[Collected data entries]
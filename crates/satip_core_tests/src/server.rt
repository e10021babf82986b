//! A small server, asked over RTSP.

use crate::checks::check;
use crate::given::{output, packet};
use satip_base::{Out, SessionId};
use satip_core::Server;
use satip_fixtures::{CLIENT, DRAW, FIRST_MUX, PORTS, config_with};
use satip_plain::{Answer, Beat, Event, Replied, Work};
use satip_query::{Query, read};
use satip_rtsp::{Method, Request, SessionName};
use satip_ts::Packet;
use std::alloc::Global;
use std::process::Abort;

const FIRST: SessionId = SessionId { count: 1, word: 10 };

// Creates a server with two front ends and one multiplex, at 1000 milliseconds.
fn server(rt: &impl Abort, alloc: Global) -> Server {
    let Ok(config) = config_with(alloc, 2, &[FIRST_MUX]) else {
        panic!(rt; "out of memory");
    };
    Server::make(alloc, config, 1000).expect(rt, "out of memory")
}

// Returns a request of this method in the first session.
fn request(method: Method) -> Request {
    Request {
        cseq: Some(2),
        refusal: None,
        method,
        stream: Some(1),
        session: SessionName::Named(FIRST),
        query: Query::new(),
        ports: None,
    }
}

const FIRST_QUERY: &[u8] = b"src=1&freq=11361.75&pol=h&msys=dvbs2&sr=22000&pids=0,16";

// Returns a query for the multiplex.
fn first_query(rt: &impl Abort) -> Query {
    let mut query = Query::new();
    read(FIRST_QUERY, &mut query).expect(rt, "query");
    query
}

// Returns a SETUP of no session, which creates the first stream.
fn setup(query: Query) -> Request {
    Request {
        method: Method::Setup,
        stream: None,
        session: SessionName::Absent,
        query,
        ports: Some(PORTS),
        ..request(Method::Setup)
    }
}

// Makes a request, and asserts the status of its reply.
fn ask(
    rt: &impl Abort,
    server: &mut Server,
    out: &mut Out,
    name: &str,
    request: &Request,
    status: u16,
) {
    let replied = server.request(CLIENT, DRAW, request, out);
    check(rt, name, replied.status, status);
}

// Makes a request, and asserts that its reply is this one of status 200.
fn ask_well(
    rt: &impl Abort,
    server: &mut Server,
    out: &mut Out,
    name: &str,
    request: &Request,
    reply: &[u8],
) {
    ask(rt, server, out, name, request, 200);
    check(rt, name, out.reply(), reply);
}

// The name of a packet, its tune number, and how many datagrams leave after it.
type PacketRow = (&'static str, u64, usize);

// Gives packets, and asserts how many datagrams leave after each.
fn give_each(
    rt: &impl Abort,
    server: &mut Server,
    out: &mut Out,
    packet: &Packet,
    rows: &[PacketRow],
) {
    for (name, tune, datagrams) in rows {
        let _work = server.packet(1, *tune, packet, out);
        check(rt, name, out.count(), *datagrams);
    }
}

// Makes a TEARDOWN of the first session as an event, and asserts its answer.
fn tear_down(rt: &impl Abort, server: &mut Server, out: &mut Out) {
    let event = Event::Request {
        peer: CLIENT,
        draw: DRAW,
        request: request(Method::Teardown),
    };
    let ok = Answer::Replied(Replied {
        status: 200,
        closing: false,
    });
    check(rt, "TEARDOWN", server.event(&event, out), ok);
}

const SETUP_REPLY: &[u8] = b"RTSP/1.0 200 OK\r\n\
    CSeq: 2\r\n\
    Session: 000000010000000a;timeout=60\r\n\
    Transport: RTP/AVP;unicast;client_port=1400-1401\r\n\
    com.ses.streamID: 1\r\n\r\n";

const PLAY_REPLY: &[u8] = b"RTSP/1.0 200 OK\r\n\
    CSeq: 2\r\n\
    Session: 000000010000000a\r\n\
    RTP-Info: url=rtsp://192.168.1.10/stream=1;seq=65535\r\n\r\n";

const TUNE: Work = Work::Tune { mux: 1, tune: 1 };

// Creates the first stream, whose front end's pump is told to tune, and plays it.
fn set_up_and_play(rt: &impl Abort, server: &mut Server, out: &mut Out) {
    let setup = setup(first_query(rt));
    ask_well(rt, server, out, "SETUP", &setup, SETUP_REPLY);
    check(rt, "work", server.ask(1, out), TUNE);
    let play = request(Method::Play);
    ask_well(rt, server, out, "PLAY", &play, PLAY_REPLY);
}

// A datagram leaves after the seventh packet of the tune number.
const SEVEN: &[PacketRow] = &[
    ("first", 1, 0),
    ("second", 1, 0),
    ("third", 1, 0),
    ("fourth", 1, 0),
    ("fifth", 1, 0),
    ("sixth", 1, 0),
    ("seventh", 1, 1),
    ("of another tune number", 2, 0),
];

// Ends the recording, and then the session by its TEARDOWN, after which none has its id.
fn end_all(rt: &impl Abort, server: &mut Server, out: &mut Out) {
    let work = server.ended(1, 1, out);
    check(rt, "work after the end", work, Work::Nothing);
    tear_down(rt, server, out);
    let options = request(Method::Options);
    ask(rt, server, out, "OPTIONS", &options, 454);
}

#[test]
fn seven_packets_are_a_datagram(rt: HostRuntime) {
    let packet = packet(&rt, 16);
    let mut out = output(&rt, rt.alloc());
    let mut server = server(&rt, rt.alloc());
    set_up_and_play(&rt, &mut server, &mut out);
    give_each(&rt, &mut server, &mut out, &packet, SEVEN);
    end_all(&rt, &mut server, &mut out);
}

// Ticks at this moment, makes a DESCRIBE of no session, and asserts the status of its reply.
fn describe_at(
    rt: &impl Abort,
    server: &mut Server,
    out: &mut Out,
    name: &str,
    now: u64,
    status: u16,
) {
    let describe = Request {
        session: SessionName::Absent,
        ..request(Method::Describe)
    };
    let _beat = server.tick(now, out);
    ask(rt, server, out, name, &describe, status);
}

// Stops, and asserts that a front end's pump is told to stop.
fn check_stop(rt: &impl Abort, server: &mut Server, out: &mut Out) {
    check(rt, "stop", server.stop(out), Beat::Stopping);
    let work = server.ask(1, out);
    check(rt, "work after the stop", work, Work::Stopping);
}

const NOT_FOUND: &[u8] = b"RTSP/1.0 404 Not Found\r\nCSeq: 2\r\n\r\n";

#[test]
fn a_session_that_is_not_heard_of_ends(rt: HostRuntime) {
    let mut out = output(&rt, rt.alloc());
    let mut server = server(&rt, rt.alloc());
    let setup = setup(Query::new());
    ask(&rt, &mut server, &mut out, "SETUP", &setup, 200);
    describe_at(&rt, &mut server, &mut out, "in time", 60999, 200);
    describe_at(&rt, &mut server, &mut out, "too late", 61000, 404);
    check(&rt, "too late", out.reply(), NOT_FOUND);
    check_stop(&rt, &mut server, &mut out);
}

// A name, the stream that is described, if it is one alone, and the beginning and the length of the
// reply. The lines of the server have 60 bytes, those of an untuned stream 129 or 130.
type DescriptionRow = (&'static str, Option<u16>, &'static [u8], usize);

const DESCRIPTIONS: &[DescriptionRow] = &[
    (
        "all streams",
        None,
        b"RTSP/1.0 200 OK\r\n\
        CSeq: 2\r\n\
        Content-Type: application/sdp\r\n\
        Content-Base: rtsp://192.168.1.10/\r\n\
        Content-Length: 8371\r\n\r\n\
        v=0\r\n",
        117 + 60 + 9 * 129 + 55 * 130,
    ),
    (
        "the last stream",
        Some(64),
        b"RTSP/1.0 200 OK\r\n\
        CSeq: 2\r\n\
        Content-Type: application/sdp\r\n\
        Content-Base: rtsp://192.168.1.10/\r\n\
        Content-Length: 190\r\n\r\n\
        v=0\r\n",
        116 + 60 + 130,
    ),
];

#[test]
fn sixty_four_streams_are_described(rt: HostRuntime) {
    let mut out = output(&rt, rt.alloc());
    let mut server = server(&rt, rt.alloc());
    let setup = setup(Query::new());
    for _stream in 0..64 {
        ask(&rt, &mut server, &mut out, "SETUP", &setup, 200);
    }
    for (name, stream, beginning, bytes) in DESCRIPTIONS {
        let describe = Request {
            stream: *stream,
            session: SessionName::Absent,
            ..request(Method::Describe)
        };
        ask(&rt, &mut server, &mut out, name, &describe, 200);
        check(&rt, name, out.reply().starts_with(beginning), true);
        check(&rt, name, out.reply().len(), *bytes);
    }
}
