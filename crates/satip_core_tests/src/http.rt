//! Worked runs with HTTP sessions, each computed from the definitions.
ghost use Rattle.std.specs.Prelude.{◌≡◌, List, [], ◌∷◌, true, false};
ghost use Rattle.satip_plain.specs.declared.events.Event.TheVariants.{Close};
ghost use Rattle.satip_plain.specs.Examples.{get_second, id_of, packet_on, setup, setup_with, teardown_in, to_second, with_change};
ghost use Rattle.satip_laws.specs.Busy.{IsToldBusy};
ghost use Rattle.satip_laws.specs.Rows.{ends_session};
ghost use Rattle.satip_core_tests.specs.Rows.{answer_to_get, ends_behind, get_finds_none, get_unknown, is_near, viewer};

// A close ends the HTTP session that it names, and no RTSP session.
fn close_ends_an_http_session()
    ensures named { ends_session (get_second ∷ []) (Close viewer) viewer ≡ true }
    ensures another { ends_session (get_second ∷ []) (Close (id_of 2 10)) viewer ≡ false }
    ensures rtsp { ends_session (setup ∷ []) (Close (id_of 1 10)) (id_of 1 10) ≡ false }
{}

// A packet that is selected for an HTTP session ends it where 4096 packets wait to be pulled.
fn full_queue_ends_an_http_session()
    ensures full { ends_behind 4096 0 (packet_on 1 1 400) ≡ true }
    ensures one_place { ends_behind 4095 0 (packet_on 1 1 400) ≡ false }
    ensures pulled { ends_behind 4159 64 (packet_on 1 1 400) ≡ false }
    ensures full_again { ends_behind 4160 64 (packet_on 1 1 400) ≡ true }
    ensures stale { ends_behind 4096 0 (packet_on 1 2 400) ≡ false }
    ensures elsewhere { ends_behind 4096 0 (packet_on 2 1 400) ≡ false }
{}

// What was pulled is at most 4096 packets behind.
fn pulls_are_near()
    ensures most { is_near 4096 0 ≡ true }
    ensures too_far { is_near 4097 0 ≡ false }
    ensures later { is_near 4160 64 ≡ true }
    ensures too_far_later { is_near 4161 64 ≡ false }
{}

// A GET finds no front end for a third tuning, until one is given back.
fn third_tuning_blocks_a_get()
    ensures blocked { get_finds_none (setup ∷ setup_with (with_change to_second) ∷ []) ≡ true }
    ensures given_back { get_finds_none (setup ∷ setup_with (with_change to_second) ∷ teardown_in
        (id_of 1 10) 1 ∷ []) ≡ false }
    ensures alone { get_finds_none [] ≡ false }
{}

// And it is told so.
fn blocked_get_is_told()
    ensures told { IsToldBusy get_unknown (answer_to_get
        (setup ∷ setup_with (with_change to_second) ∷ [])) }
{}
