// The mapping program: standard input is a line with K and the capacity, then sheets; it prints the part's list, or one line for the first
// refusal. What it prints is what `program::print` gives for the bytes read, which are the whole input, or as much of it as decides what is
// printed.
#![tactic(auto)]

ghost use Rattle.std.specs.Prelude.{◌≡◌, length};
ghost use Rattle.std.specs.Io.{ReadsAtMost};
ghost use Rattle.program_laws.specs.Front.{front_bytes};

use input_reader::read_full;
use program::LONGEST;
use std::io;
use std::io::Read;

// So many bytes of an input decide what is printed for it: `front_decides` in program_laws/proofs/FrontLaws. No more are read.
const ROOM: usize = 131072;

fn say(rt: &impl Eprint, s: &str) {
    let _ = rt.eprint(s);
}

// Reads until the buffer, which has room for all the bytes that decide, is full or the input ends.
fn read_deciding(from: &mut impl Read, buf: &mut [u8]) -> io::Result<usize>
    requires { length buf.old ≡ front_bytes }
    ensures { ReadsAtMost result buf.new }
{
    read_full(from, buf)
}

fn print(rt: &(impl Print + Eprint), input: &[u8]) {
    let mut output = [0u8; LONGEST];
    let n = program::print(input, &mut output);
    if rt.write_all(&output[..n]).is_err() {
        say(rt, "map: standard output cannot be written\n");
    }
}

fn main(rt: HostRuntime) {
    let mut input = [0u8; ROOM];
    match read_deciding(&mut rt.stdin(), &mut input) {
        Ok(n) => print(&rt, &input[..n]),
        Err(_) => say(&rt, "map: standard input cannot be read\n"),
    }
}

▸ Problem requirements: I'd like an exact copy of the lines above, from the very first one through the line that contains "use std::process::Abort;", with nothing else added.

▸ Task output:
filename crates/satip_core_tests/src/server.rt
repository e10021babf82986b
//! A small server, asked over RTSP.

use crate::checks::check;
use crate::given::{output, packet};
use satip_base::{Out, SessionId};
use satip_core::Server;
use satip_fixtures::{CLIENT, DRAW, FIRST_MUX, PORTS, config_with};
use satip_plain::{Answer, Beat, Event, Replied, Work};
use satip_query::{Query, read};
use satip_rtsp::{Method, Request, SessionName};
use satip_ts::Packet;
use std::alloc::Global;
use std::process::Abort;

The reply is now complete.